# Proximity of range hood exhaust to windows



## David Berkowitz

I own a condo which has no external exhaust for the range hood, but has a window immediately to the left of the range.  The entire building is electric, so there will be no venting of gas, or carbon monoxide.  The building has an open air chase, approximately 6' x 20', onto which the kitchen window opens.  So what I'd like to do is come out of the wall, above or immediately to the left of the window with a range exhaust.  Problem is I don't know whether code will permit this.  There are 3 units above, directly in line, with the same window configuration.  If I'm permitted to put a fan in the window to vent my home either because, or because I'm cooking, if there is a prohibition on my proposed vent, can someone explain why.

Thanks in advance,

David


----------



## David Berkowitz

I should add that the chase is completely outdoors and open to the sky.


----------



## Mac

Have you cleared the installation with the condo board - or whatver entity owns the common areas?


----------



## mark handler

You need to follow the manufactures installation instructions.


----------



## mtlogcabin

The "chase" you refer to could allow your cooking odors to enter into an adjoining open window above your residence,

I agree with mac get with the condo board and make sure it is not an issue then follow the manufactures installation instructions


----------



## north star

*= = =*

Is your other name "Son of Sam"?    



*= = =*


----------



## David Berkowitz

mtlogcabin said:
			
		

> The "chase" you refer to could allow your cooking odors to enter into an adjoining open window above your residence,I agree with mac get with the condo board and make sure it is not an issue then follow the manufactures installation instructions


The problem here is that opening the window immediately adjacent to the range can cause the exact same thing, so the question is why not a vent instead

.


----------



## cda

is a vent a hood required with electric appliances????????


----------



## David Berkowitz

Who cares? I'd like to have an apartment that doesn't always smell like food, that I can pan sear something and send the minor bit of smoke out the window more easily.


----------



## High Desert

From the 2012 International Residential Code

M1506.2 Exhaust openings. Air exhaust openings shall terminate

not less than 3 feet (914 mm) from property lines; 3

feet (914 mm) from operable and nonoperable openings into

the building and 10 feet (3048 mm) from mechanical air

intakes except where the opening is located 3 feet (914 mm)

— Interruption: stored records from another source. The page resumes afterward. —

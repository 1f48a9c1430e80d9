//! Reading lines that begin transfers of many pieces.

ghost use Rattle.std.specs.Prelude.{◌≡◌, ◌≤◌, [], false, IfOk};
ghost use Rattle.node_vis.specs.Plans.{IsPlanned};
ghost use Rattle.text_calls.specs.Forms.{Number, Spans, Strides, bundle_at, bundles_at, named_at};
ghost use Rattle.text_calls.specs.Forms.{none_at};
ghost use Rattle.text_calls.specs.Forms.{part_at, row_at, split_at};
ghost use Rattle.base_text.specs.Found.{Finds, Reads};
ghost use Rattle.text_calls.specs.FormTests.{named_form};
ghost use Rattle.text_vis.specs.VisLines.{indexed_row, plan_in, shape_fault, strided_row, vis_form_row};
ghost use Rattle.text_vis.specs.VisLines.{vis_at, vis_form, vis_plan, vis_rows};

use crate::vis::{BoxedVis, Levels, SegmentRanges, VisShape, VisText, VisWords};
use crate::vis_forms::VisForm;
use base_text::{Miss, Other, has_more, name_of};
use node_vis::{Indexed, Level, Plan, PlanFault, Strided, Way};
use std::alloc::Global;
use text_calls::{Scope, byte_at, is_second, number_at, short_at};
use wire_message::Settings;

/// A level behind a space.
#[tactic(auto, unfolding(text_calls::specs::Forms::bundle_at))]
fn level_at(bytes: &[u8]) -> Result<(Level, &[u8]), Other>
    ensures { Finds (λ x. (x.0, x.1.now)) result (bundle_at Strides bytes.now) }
{
    let (count, rest) = number_at(bytes, 0, u64::MAX)?;
    let (remote, rest) = number_at(rest, 0, u64::MAX)?;
    let (local, rest) = number_at(rest, 0, u64::MAX)?;
    let level = Level {
        count,
        remote,
        local,
    };
    Ok((level, rest))
}

/// Up to four levels.
fn levels_at(alloc: Global, bytes: &[u8]) -> Result<(Levels, &[u8]), Miss>
    ensures { Reads (λ x. (x.0, x.1.now)) result (bundles_at 0 4 Strides bytes.now) }
{
    let mut items = Vec::new(alloc);
    let mut rest = bytes;
    while has_more(items.len(), 4, rest) {
        let (level, after) = level_at(rest)?;
        items.push(level)?;
        rest = after;
    }
    Ok((Levels { items }, rest))
}

/// A range behind a space: its first byte and its length.
#[tactic(auto, unfolding(text_calls::specs::Forms::bundle_at))]
fn range_at(bytes: &[u8]) -> Result<((u64, u64), &[u8]), Other>
    ensures { Finds (λ x. (x.0, x.1.now)) result (bundle_at Spans bytes.now) }
{
    let (first, rest) = number_at(bytes, 0, u64::MAX)?;
    let (len, rest) = number_at(rest, 0, u64::MAX)?;
    Ok(((first, len), rest))
}

/// So many ranges.
fn ranges_at(
    alloc: Global,
    least: usize,
    most: usize,
    bytes: &[u8],
) -> Result<(SegmentRanges, &[u8]), Miss>
    requires { most ≤ 16 }
    ensures { Reads (λ x. (x.0, x.1.now)) result (bundles_at least most Spans bytes.now) }
{
    let mut items = Vec::new(alloc);
    let mut rest = bytes;
    while has_more(items.len(), most, rest) {
        let (range, after) = range_at(rest)?;
        items.push(range)?;
        rest = after;
    }
    if items.len() < least {
        return Err(Miss::Unlike);
    }
    Ok((SegmentRanges { items }, rest))
}

/// How many ranges come first, behind a space.
pub(crate) fn count_at(bytes: &[u8]) -> Result<(usize, &[u8]), Other>
    ensures value { Finds (λ x. (x.0, x.1.now)) result (part_at (Number 1 16) bytes.now) }
    ensures range { IfOk result (λ x. (1 ≤ x.0) × (x.0 ≤ 16)) }
{
    let (count, rest) = number_at(bytes, 1, 16)?;
    Ok((count as usize, rest))
}

/// A counted list of ranges, and then another.
#[tactic(auto, unfolding(text_calls::specs::Forms::split_at))]
fn both_ranges_at(
    alloc: Global,
    bytes: &[u8],
) -> Result<(SegmentRanges, SegmentRanges, &[u8]), Miss>
    ensures { Reads (λ x. ((x.0, x.1), x.2.now)) result (split_at 16 Spans bytes.now) }
{
    let (count, rest) = count_at(bytes)?;
    let (first, rest) = ranges_at(alloc, count, count, rest)?;
    let (others, rest) = ranges_at(alloc, 1, 16, rest)?;
    Ok((first, others, rest))
}

/// What the words of a strided transfer say behind its name, and the bytes after them.
fn strided_at(alloc: Global, way: Way, bytes: &[u8]) -> Result<(VisWords, &[u8]), Miss>
    ensures { Reads (λ x. (x.0, x.1.now)) result (row_at none_at (strided_row [] way) bytes.now) }
{
    let (register, rest) = byte_at(bytes, 255)?;
    let (from, rest) = short_at(rest, 1_024)?;
    let (to, rest) = short_at(rest, 65_535)?;
    let (remote, rest) = number_at(rest, 0, u64::MAX)?;
    let (local, rest) = number_at(rest, 0, u64::MAX)?;
    let (len, rest) = number_at(rest, 0, u64::MAX)?;
    let (levels, rest) = levels_at(alloc, rest)?;
    let shape = VisShape::Strided {
        remote,
        local,
        len,
        levels,
    };
    let words = VisWords {
        register,
        from,
        way,
        to,
        shape,
    };
    Ok((words, rest))
}

/// What the words of an indexed transfer say behind its name, and the bytes after them.
fn indexed_at(alloc: Global, way: Way, bytes: &[u8]) -> Result<(VisWords, &[u8]), Miss>
    ensures { Reads (λ x. (x.0, x.1.now)) result (row_at none_at (indexed_row [] way) bytes.now) }
{
    let (register, rest) = byte_at(bytes, 255)?;
    let (from, rest) = short_at(rest, 1_024)?;
    let (to, rest) = short_at(rest, 65_535)?;
    let (remote, local, rest) = both_ranges_at(alloc, rest)?;
    let words = VisWords {
        register,
        from,
        way,
        to,
        shape: VisShape::Indexed { remote, local },
    };
    Ok((words, rest))
}

/// What the words behind the name of a form say, and the bytes after them.
fn words_at(alloc: Global, form: VisForm, rest: &[u8]) -> Result<(VisWords, &[u8]), Miss>
    ensures { Reads (λ x. (x.0, x.1.now)) result (row_at none_at (vis_form_row form) rest.now) }
{
    match form {
        VisForm::PutStrided => strided_at(alloc, Way::Put, rest),
        VisForm::GetStrided => strided_at(alloc, Way::Get, rest),
        VisForm::PutIndexed => indexed_at(alloc, Way::Put, rest),
        VisForm::GetIndexed => indexed_at(alloc, Way::Get, rest),
    }
}

/// What a line says, by its name and the bytes after it.
fn named_vis_at<'a>(
    alloc: Global,
    name: &[u8],
    rest: &'a [u8],
) -> Result<(VisWords, &'a [u8]), Miss>
    ensures { Reads (λ x. (x.0, x.1.now)) result (named_at none_at vis_rows name.now rest.now) }
{
    let Some(form) = VisForm::named(name) else {
        return Err(Miss::Unlike);
    };
    words_at(alloc, form, rest)
}

/// The plan of such words.
fn plan_of(alloc: Global, settings: &Settings, words: &VisWords) -> Result<Plan, PlanFault>
    ensures { IsPlanned (shape_fault settings.now words.now.way words.now.to words.now.shape)
        (vis_plan settings.now words.now) result }
{
    let (way, to) = (words.way, words.to);
    match &words.shape {
        VisShape::Strided {
            remote,
            local,
            len,
            levels,
        } => {
            let asked = Strided {
                way,
                to,
                remote: *remote,
                local: *local,
                len: *len,
                levels: levels.items(),
            };
            Plan::strided(alloc, settings, &asked)
        }
        VisShape::Indexed { remote, local } => {
            let asked = Indexed {
                way,
                to,
                remote: remote.items(),
                local: local.items(),
            };
            Plan::indexed(alloc, settings, &asked)
        }
    }
}

/// The transfer of such words with its plan, where it may stand in the job.
fn plan_in(alloc: Global, scope: &Scope, words: VisWords) -> Result<VisText, Miss>
    ensures { Reads (λ vis. vis) result (plan_in scope.now words) }
{
    if !is_second(scope) {
        drop(words);
        return Err(Miss::Unlike);
    }
    let plan = match plan_of(alloc, &scope.settings, &words) {
        Ok(plan) => plan,
        Err(PlanFault::NoMemory) => {
            drop(words);
            return Err(Miss::NoMemory);
        }
        Err(_) => {
            drop(words);
            return Err(Miss::Unlike);
        }
    };
    if plan.pieces() < usize::from(words.from) {
        drop(words);
        drop(plan);
        return Err(Miss::Unlike);
    }
    Ok(VisText { words, plan })
}

/// The transfer of many pieces that a line says, in an allocation of its own, and the bytes after it.
#[tactic(auto, unfolding(crate::specs::VisLines::vis_at))]
pub fn vis_at<'a>(
    alloc: Global,
    scope: &Scope,
    bytes: &'a [u8],
) -> Result<(BoxedVis, &'a [u8]), Miss>
    ensures { Reads (λ x. (x.0, x.1.now)) result (vis_at scope.now bytes.now) }
{
    let (name, rest) = name_of(bytes);
    let (words, rest) = named_vis_at(alloc, name, rest)?;
    let text = plan_in(alloc, scope, words)?;
    let inside = Box::new(alloc, text)?;
    Ok((BoxedVis { inside }, rest))
}

/// Whether the words after a name are a form of such a line.
fn named_vis_form(name: &[u8], rest: &[u8]) -> bool
    ensures { result ≡ named_form (λ bytes. false) vis_rows name.now rest.now }
{
    match VisForm::named(name) {
        Some(form) => form.fits(rest),
        None => false,
    }
}

/// Whether bytes have the form of a line that begins a transfer of many pieces.
#[tactic(auto, unfolding(crate::specs::VisLines::vis_form))]
pub fn vis_form(scope: &Scope, bytes: &[u8]) -> bool
    ensures { result ≡ vis_form scope.now bytes.now }
{
    let (name, rest) = name_of(bytes);
    named_vis_form(name, rest) && is_second(scope)
}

above the air intake. Openings shall comply with Sections

R303.5.2 and R303.6.

From the 2012 International Mechanical Code

501.3.1 Location of exhaust outlets. The termination

point of exhaust outlets and ducts discharging to the outdoors

shall be located with the following minimum distances:

3. For all environmental air exhaust: 3 feet (914 mm)

from property lines; 3 feet (914 mm) from operableopenings into buildings for all occupancies other

than Group U, and 10 feet (3048 mm) from mechanical

air intakes. Such exhaust shall not be considered

hazardous or noxious.


----------



## David Berkowitz

Well that's the answer then.  Thanks folks for your input and explanation. -- db


----------



## KZQuixote

David Berkowitz said:
			
		

> Well that's the answer then...


Beyond the condo association's opinion. The exhaust termination must be three feet away from any window and ten feet from any mechanical air intake unless that intake is three feet below the vent termination.

Bill


----------



## north star

*= = %*

Bill,



Can you please provide the applicable code sections that you cited?

Thanks!

*% = =*


----------